A Quick Overview of UNION DISTINCT in SQL

If you’ve ever used the UNION clause in a SQL query, chances are you used UNION ALL or just UNION by itself. But some RDBMSs also accept a UNION DISTINCT option.

The UNION DISTINCT option is basically the equivalent of UNION by itself. That is, it removes redundant duplicate rows.

So in other words, the DISTINCT option is a way for us to explicitly specify the default behaviour of removing duplicates.

RDBMSs that support the UNION DISTINCT option include PostgreSQL, MySQL, and MariaDB.

Example

Suppose we run the following query:

SELECT CatName FROM Cats;

Result:

 catname 
---------
 Fluffy
 Purr
 Meow
 Scratch
(4 rows)

And then we run a second query, against a different table, like this:

SELECT DogName FROM Dogs;

Result:

 dogname 
---------
 Bark
 Wag
 Bark
 Fluffy
(4 rows)

We just ran two queries; the first one against the Cats table and the second query against the Dogs table.

We can use UNION DISTINCT to combine the results of both queries into a single result set, while eliminating redundant duplicate rows.

Like this:

SELECT CatName FROM Cats
UNION DISTINCT
SELECT DogName FROM Dogs;

Result:

 catname 
---------
 Meow
 Wag
 Bark
 Scratch
 Fluffy
 Purr
(6 rows)

We can see that duplicate rows have been removed; Fluffy appears just once and so does Bark.

To be more specific, in the original tables the name Fluffy appears once in the Cats table and once in the Dogs table. But it appears just once in the combined results after applying UNION DISTINCT.

And the name Bark appears twice in the Dogs table but just once in the combined results.

Omitting the DISTINCT Keyword

When we use the DISTINCT keyword, we’re explicitly removing duplicates. This produces the same effect that we’d get if we’d simply omitted the DISTINCT keyword.

In other words, we can use UNION to achieve the same result:

SELECT CatName FROM Cats
UNION
SELECT DogName FROM Dogs;

Result:

 catname 
---------
 Meow
 Wag
 Bark
 Scratch
 Fluffy
 Purr
(6 rows)

The default behaviour of UNION is to remove duplicates. So when we use UNION without the DISTINCT (or ALL) keyword, redundant duplicates are automatically removed.

So if your RDBMS doesn’t support the DISTINCT keyword, you’re not missing out on anything, other than the ability to remove duplicates explicitly rather than implicitly.

The ALL Keyword

If you don’t want to remove duplicates, use the ALL keyword:

SELECT CatName FROM Cats
UNION ALL
SELECT DogName FROM Dogs;

Result:

 catname 
---------
 Fluffy
 Purr
 Meow
 Scratch
 Bark
 Wag
 Bark
 Fluffy
(8 rows)

It’s likely that your RDBMS supports the ALL keyword, even if it doesn’t support the DISTINCT keyword.
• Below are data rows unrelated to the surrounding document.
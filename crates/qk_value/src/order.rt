//! Equality, and the law of the order.
ghost use Rattle.std.specs.Prelude.{◌≡◌, ◌↔◌, IsTrue};
ghost use Rattle.std.specs.Cmp.{IsTotalOrder};
ghost use Rattle.std.specs.declared.cmp.Ordering.TheVariants.{Equal};
ghost use Rattle.qk_value.specs.Data.{Data};
ghost use Rattle.qk_value.specs.Order.{compare};
ghost use Rattle.qk_value.specs.View.{view_value};

use crate::value::Value;

/// The law of `Value::compare`: it is a total order of all values, and just equal values compare as equal.
pub fn order_is_total()
    ensures total { IsTotalOrder compare }
    ensures equal { (a b : Data) → (compare a b ≡ Equal) ↔ (a ≡ b) }
{}

impl Value {
    /// Whether the values are equal, wherever they lie.
    pub fn equal(&self, other: &Value) -> bool
        ensures { IsTrue result ↔ (view_value self.now ≡ view_value other.now) }
    {
        self.compare(other).is_eq()
    }
}
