//! Which values have which types.
ghost use Rattle.std.specs.Prelude.{◌≡◌, map, Some};
ghost use Rattle.qk_value.specs.Kinds.{maker_of};
ghost use Rattle.qk_value.specs.Typing.{has_type as has_type_of, all_have_type as all_have_type_of, are_parts as are_parts_of, field_types};
ghost use Rattle.qk_value.specs.View.{view_value, view_values, view_type};

use crate::kinds::Kinds;
use crate::ty::Ty;
use crate::value::Value;

impl Value {
    /// Whether the value has the type. A made value has it where its maker stands in the table, with as many parts as the maker has
    /// fields, each of its field's type.
    #[cycle(typing)]
    pub fn has_type(&self, kinds: &Kinds, ty: &Ty) -> bool
        ensures { result ≡ has_type_of kinds.now (view_type ty.now) (view_value self.now) }
    {
        match (ty, self) {
            (Ty::Int, Value::Int(_)) => true,
            (Ty::Bool, Value::Bool(_)) => true,
            (Ty::List(item), Value::List(items)) => all_have_type(items.as_slice(), kinds, item),
            (Ty::Pair(first, second), Value::Pair(a, b)) => {
                a.has_type(kinds, first) && b.has_type(kinds, second)
            }
            (Ty::Made(wanted), Value::Made { kind, maker, parts }) => wanted == kind
                && are_made(parts.as_slice(), kinds, *kind, *maker),
            _ => false,
        }
    }
}

#[cycle(typing)]
fn all_have_type(items: &[Value], kinds: &Kinds, ty: &Ty) -> bool
    ensures { result ≡ all_have_type_of kinds.now (view_type ty.now) (view_values items.now) }
{
    for item in items {
        if !item.has_type(kinds, ty) {
            return false;
        }
    }
    true
}

#[cycle(typing)]
fn are_made(parts: &[Value], kinds: &Kinds, kind: u32, maker: u32) -> bool
    ensures { result ≡ are_parts_of kinds.now (field_types (maker_of kinds.now kind maker)) (view_values parts.now) }
{
    match kinds.maker(kind, maker) {
        None => false,
        Some(maker) => are_parts(parts, kinds, maker.fields.as_slice()),
    }
}

#[cycle(typing)]
fn are_parts(parts: &[Value], kinds: &Kinds, types: &[Ty]) -> bool
    ensures { result ≡ are_parts_of kinds.now (Some (map view_type types.now)) (view_values parts.now) }
{
    if parts.len() != types.len() {
        return false;
    }
    for i in 0..parts.len() {
        if !parts[i].has_type(kinds, &types[i]) {
            return false;
        }
    }
    true
}
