//! The text of a value.
ghost use Rattle.std.specs.Prelude.{◌≡◌, ◌++◌, ◌∷◌, [], IfOk, OnOk};
ghost use Rattle.qk_value.specs.Kinds.{maker_name};
ghost use Rattle.qk_value.specs.Printed.{printed, printed_made, listed, spaced};
ghost use Rattle.qk_value.specs.View.{view_value, view_values};

use crate::kinds::Kinds;
use crate::value::Value;
use qk_base::{Bytes, Memory};
use std::alloc::Global;

impl Value {
    /// The text of the value: numbers in decimal, `true` and `false`, `[1, 2]`, `(1, 2)`, a maker without parts by its name, one with
    /// parts as `(Node v1 v2)`. A maker that is not in the table has no name.
    pub fn print(&self, alloc: Global, kinds: &Kinds) -> Result<Bytes, Memory>
        ensures { IfOk result (λ text. text.items ≡ printed (maker_name kinds.now) (view_value self.now)) }
    {
        let mut text = Bytes::make(alloc);
        put(alloc, self, kinds, &mut text)?;
        Ok(text)
    }
}

#[cycle(print)]
fn put(alloc: Global, value: &Value, kinds: &Kinds, out: &mut Bytes) -> Result<(), Memory>
    ensures { OnOk result (out.new.items ≡ out.old.items ++ printed (maker_name kinds.now) (view_value value.now)) }
{
    match value {
        Value::Int(n) => {
            let digits = format!(in alloc; "{n}")?;
            out.append(digits.as_bytes())
        }
        Value::Bool(true) => out.append(b"true"),
        Value::Bool(false) => out.append(b"false"),
        Value::List(items) => {
            out.append(b"[")?;
            put_listed(alloc, items.as_slice(), kinds, out)?;
            out.append(b"]")
        }
        Value::Pair(a, b) => {
            out.append(b"(")?;
            put(alloc, a, kinds, out)?;
            out.append(b", ")?;
            put(alloc, b, kinds, out)?;
            out.append(b")")
        }
        Value::Made { kind, maker, parts } => {
            let name = kinds.maker_name(*kind, *maker);
            put_made(alloc, name, parts.as_slice(), kinds, out)
        }
    }
}

#[cycle(print)]
fn put_made(
    alloc: Global,
    name: &[u8],
    parts: &[Value],
    kinds: &Kinds,
    out: &mut Bytes,
) -> Result<(), Memory>
    ensures { OnOk result (out.new.items ≡ out.old.items ++ printed_made name.now (spaced (maker_name kinds.now) (view_values parts.now))) }
{
    if parts.is_empty() {
        return out.append(name);
    }
    out.append(b"(")?;
    out.append(name)?;
    put_spaced(alloc, parts, kinds, out)?;
    out.append(b")")
}

#[cycle(print)]
fn put_listed(alloc: Global, values: &[Value], kinds: &Kinds, out: &mut Bytes) -> Result<(), Memory>
    ensures { OnOk result (out.new.items ≡ out.old.items ++ listed (maker_name kinds.now) (view_values values.now)) }
{
    for (index, value) in values.iter().enumerate() {
        if index != 0 {
            out.append(b", ")?;
        }
        put(alloc, value, kinds, out)?;
    }
    Ok(())
}

#[cycle(print)]
fn put_spaced(alloc: Global, values: &[Value], kinds: &Kinds, out: &mut Bytes) -> Result<(), Memory>
    ensures { OnOk result (out.new.items ≡ out.old.items ++ spaced (maker_name kinds.now) (view_values values.now)) }
{
    for value in values {
        out.append(b" ")?;
        put(alloc, value, kinds, out)?;
    }
    Ok(())
}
As far as I’m aware, any RDBMS that supports the UNION clause supports the ALL option.

The UNION DISTINCT Option vs DISTINCT Clause

We also have the option of using a DISTINCT clause in our SELECT queries. This is not necessarily the same as using the DISTINCT option with the UNION ALL clause.

For example, we could use the DISTINCT clause against each table, like this:

SELECT DISTINCT CatName FROM Cats
UNION ALL
SELECT DISTINCT DogName FROM Dogs;

Result:

 catname 
---------
 Fluffy
 Meow
 Purr
 Scratch
 Fluffy
 Bark
 Wag
(7 rows)

But this only removes duplicates from each table before applying UNION ALL.

In this case we do actually get duplicate values. We get two cases of Fluffy; one from the Cats table and one from the Dogs table.

Basically, applying the DISTINCT clause like this merely ensures that we eliminate duplicates from each table. But it doesn’t ensure that duplicates are removed from the combined result set.

However, we could use a sub-query to mimic the effect of UNION DISTINCT, while applying UNION ALL:

SELECT DISTINCT * FROM (
    SELECT CatName FROM Cats
    UNION ALL
    SELECT DogName FROM Dogs
) AS Result;

Result:

 catname 
---------
 Fluffy
 Meow
 Bark
 Purr
 Scratch
 Wag
(6 rows)

This is basically a long winded way to do a simple UNION or UNION DISTINCT. However, it could be useful to look at the query plan to see how each variation affects the performance. The result may vary from query to query, and so it’s at least nice to have this option up your sleeve.